Most recent revision 07 January 2001.
The first version of this article and the accompanying poems first appeared in
Lynx, XI:2, June 1996.
As more poets use the ghazal form (pronounced ghuzzle), questions arise as to what
an English ghazal will be. In an important and helpful article, Agha Shahid Ali argues for a strict adaptation of the Near
Eastern form, including the monorhyme (qafia) and refrain(radif). On the
World-Wide Web,
Abhya Avachat gives an almost identical definition, with examples in Hindi.
Based
on Ali and Avachat, here are what I understand
to be the basic features of a ghazal in Persian, Arabic, Urdu, Hindi, etc.:
- A ghazal is a series of couplets. Each couplet is an independent
poem, although a thematic continuity may develop. This feature leads
to "jumps" between couplets, a discontinuity similar to the linking in a
Japanese renga. According to Elizabeth T. Gray, Jr., in the Persian original, each "couplet" is one long line with a strong caesura.
- The traditional ghazal focuses on romantic love and mysticism.
- Both lines of the first couplet (called the "matla") and the
second line of each succeeding couplet have the same monorhyme (qafia)
and refrain (radif).
- The refrain (radif) is the same word or short phrase (or even syllable,
according to Ali).
- A. J. Arberry says that each couplet of the
Persian ghazal ends in a monorhyme (words ending with the same
vowel+consonant combination), but he does not mention the radif (or refrain). Arberry seems to be referring to the qafia. "Monorhyme" is an excellent term for the qafia; "refrain" works well enough for the radif, which, after all, is not a rhyme.
- All the couplets are in the same meter. (Ali does not mention meter.)
- The poet "signs" the last couplet (makhta) by including her/his name or pen
name (takhallus).
Poems published in English as ghazals usually have only the first
featuredisjunct couplets. Agha Shahid Ali, however, insists that a poem cannot be a ghazal without
inclusion of all the features. He especially insists on the radif/refrain. As just said, he doesn't mention meter.
Avachat does say that sometimes the radif is omitted. John Drury's description ofthe form, like others I've seen, is
not clear on these specifics, but does encourage experimentation.

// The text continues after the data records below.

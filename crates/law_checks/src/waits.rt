//! The law Waits: calls are answered, and no end waits in vain.
ghost use Rattle.std.specs.Prelude.{◌≡◌};
ghost use Rattle.ipdl_base.specs.Sound.{IsSound};
ghost use Rattle.history_reading.specs.EndReadings.{end_view};
ghost use Rattle.history_reading.specs.Readings.{reading_view};
ghost use Rattle.history_reading.specs.Waits as the;

use crate::replies::{ReplyTest, own_returns, says};
use history_reading::{EndReading, EventKind, Reading};
use ipdl_base::{Reason, Schema, Values, What};
use reading_checks::{block_each_other, is_still};

/// Whether the other end answered a call with these values.
fn is_answered(
    schema: &Schema,
    own: &EndReading<'_>,
    other: &EndReading<'_>,
    n: i32,
    values: &Values,
) -> bool
    requires { IsSound schema.now }
    ensures { result ≡ the.is_answered schema.now (end_view own.now) (end_view other.now) n values.now }
{
    let asked = ReplyTest::OkWith(own_returns(schema, own, n), values);
    says(schema, own, other, n, &asked)
}

/// Whether a call may get a fault without a reply that states it.
fn is_own_fault(
    schema: &Schema,
    own: &EndReading<'_>,
    other: &EndReading<'_>,
    n: i32,
    reason: Reason,
) -> bool
    requires { IsSound schema.now }
    ensures { result ≡ the.is_own_fault schema.now (end_view own.now) (end_view other.now) n reason }
{
    match reason {
        Reason::ChannelClosed => own.failed.has(n),
        Reason::ActorDestroyed => {
            let asked = ReplyTest::OkMissing(own_returns(schema, own, n));
            says(schema, own, other, n, &asked)
        }
        Reason::HandlerRejected | Reason::ResolverDestroyed => false,
    }
}

/// Whether a call resumes with a fault that has its cause.
fn is_failed(
    schema: &Schema,
    own: &EndReading<'_>,
    other: &EndReading<'_>,
    n: i32,
    reason: Reason,
) -> bool
    requires { IsSound schema.now }
    ensures { result ≡ the.is_failed schema.now (end_view own.now) (end_view other.now) n reason }
{
    let asked = ReplyTest::Fault(reason);
    says(schema, own, other, n, &asked) || is_own_fault(schema, own, other, n, reason)
}

/// Whether the end of the other side is delivered in an event.
fn is_end_event(event: EventKind) -> bool
    ensures { result ≡ the.is_end_event event }
{
    matches!(event, EventKind::Ends)
}

/// Whether the reply to a request of a number is delivered in order.
fn is_reply_in_order(own: &EndReading<'_>, n: i32) -> bool
    ensures { result ≡ the.is_reply_in_order (end_view own.now) n }
{
    !own.is_sync_request(n) || own.stack.awaits(n)
}

/// Whether a line obeys the law.
pub fn waits_line(
    schema: &Schema,
    own: &EndReading<'_>,
    other: &EndReading<'_>,
    what: &What,
) -> bool
    requires { IsSound schema.now }
    ensures { result ≡ the.waits_line schema.now (end_view own.now) (end_view other.now) what.now }
{
    match what {
        What::DeliverReply(n) => is_reply_in_order(own, *n),
        What::Fails(n) => own.stack.awaits(*n) && is_end_event(own.event),
        What::ResumeOk(n, values) => is_answered(schema, own, other, *n, values),
        What::ResumeFault(n, reason) => is_failed(schema, own, other, *n, *reason),
        _ => true,
    }
}

/// Whether an end waits to which the end of the other side was delivered in its last event.
fn waits_after_end(own: &EndReading<'_>) -> bool
    ensures { result ≡ the.waits_after_end (end_view own.now) }
{
    is_end_event(own.event) && own.stack.has_unanswered()
}

/// Whether some end waits.
fn some_waits(reading: &Reading<'_>) -> bool
    ensures { result ≡ the.some_waits (reading_view reading.now) }
{
    reading.parent.stack.has_unanswered() || reading.child.stack.has_unanswered()
}

/// Whether some end waits where nothing but acts is possible.
fn waits_while_still(schema: &Schema, reading: &Reading<'_>) -> bool
    requires { IsSound schema.now }
    ensures { result ≡ the.waits_while_still schema.now (reading_view reading.now) }
{
    some_waits(reading) && is_still(schema, reading)
}

/// Whether some end waits after the end of the other side.
fn some_waits_after_end(reading: &Reading<'_>) -> bool
    ensures { result ≡ the.some_waits_after_end (reading_view reading.now) }
{
    waits_after_end(&reading.parent) || waits_after_end(&reading.child)
}

/// Whether a moment obeys the law.
pub fn waits_moment(schema: &Schema, reading: &Reading<'_>) -> bool
    requires { IsSound schema.now }
    ensures { result ≡ the.waits_moment schema.now (reading_view reading.now) }
{
    if block_each_other(schema, reading) {
        false
    } else if some_waits_after_end(reading) {
        false
    } else {
        !waits_while_still(schema, reading)
    }
}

It is clear that, in Persian, Urdu, Hindi, etc., the ghazal is a
specific and demanding form. While I sympathize with Ali's impatience
with American poets using the term for poems that don't fit the
traditional definition, I have some questions and comments about the
adaptation of the ghazal to English.
- If the radif/refrain and qafia/monorhyme are so important, why are
ghazals hardly ever translated into English with that form? Arberry's versions of Rumi and Elizabeth Gray's version of Hafiz only rarely end each couplet
with the same word or phrase. Annmarie Schimmel's versions of Rumi do make some use of the
refrain/radif. I also found an example in the Encyclopedia ofPoetry and Poetics that does
translate the radif/refrain and qafia/monorhyme. However, it's not a very good English
poem.
Arberry's
Hafiz: Fifty Poems contains older translations of Hafiz's
ghazals by several people. These translators render Hafiz in a number of English
forms, but one of them, Walter Leaf, uses all three traditional devices in his versions.
(His versions aren't necessarily the best English poems in the collection).
Leaf's translations were originally published in Versions from Hafiz, an
essay in Persian metre, in 1898.
- Agha Shahid Ali does not mention meter at all (even though he
denounces free verse ghazals). Avachat's piece says that each couplet
("sher")must have the same meter. So does Arberry. With our long tradition
of "free" verse in English, I can't see that anyone is in a position to insist
that English ghazals conform to any metrical constraints. (Obviously, meter or
rhythm is significant).
- Avachat emphasizes more clearly than Ali that each
couplet must be an independent poem. (He does allow for an overall
thematic unity). Is this the core of the "ghazal perspective"? Can
this independent linking of couplets be the basis for English ghazals outside the
specifics of radif/refrain and qafia/monorhyme? In this connection, I don't
understand Ali's gratuitous swipe atsurrealism. Both the ghazal and surrealism
seem to share discontinuity and unexpected juxtapositions. It seems only natural
that American poets would frame ghazals in surrealist terms.
In his Hafiz: Fifty Poems, Arberry says that at the
end of his life, Hafiz was "experimenting in a sort of surrealistic treatment of
the ghazal" (32).
- Traditionally, the last couplet of a ghazal
contains the poet's"signature," the poet's name or pen-name. This couplet is
called the makhta. Should poets writing in English incorporate the signature
couplet? A signature sometimes seems precious to me, although it can also
effectively conclude the poem.
Since writing the previous paragraph, I have found the signature
couplet much more useful. It adds a completion to the ghazal that is very
satisfactory. I've revised a few earlier ghazals by adding a makhta to
them.
- What about theme? Should English ghazals be limited to
the traditional themes of wine, sexual love, and mystical love? While my own
poems deal a lot with love and mysticism, I think the ghazal as an English form
should have as wide a range of themes as possible.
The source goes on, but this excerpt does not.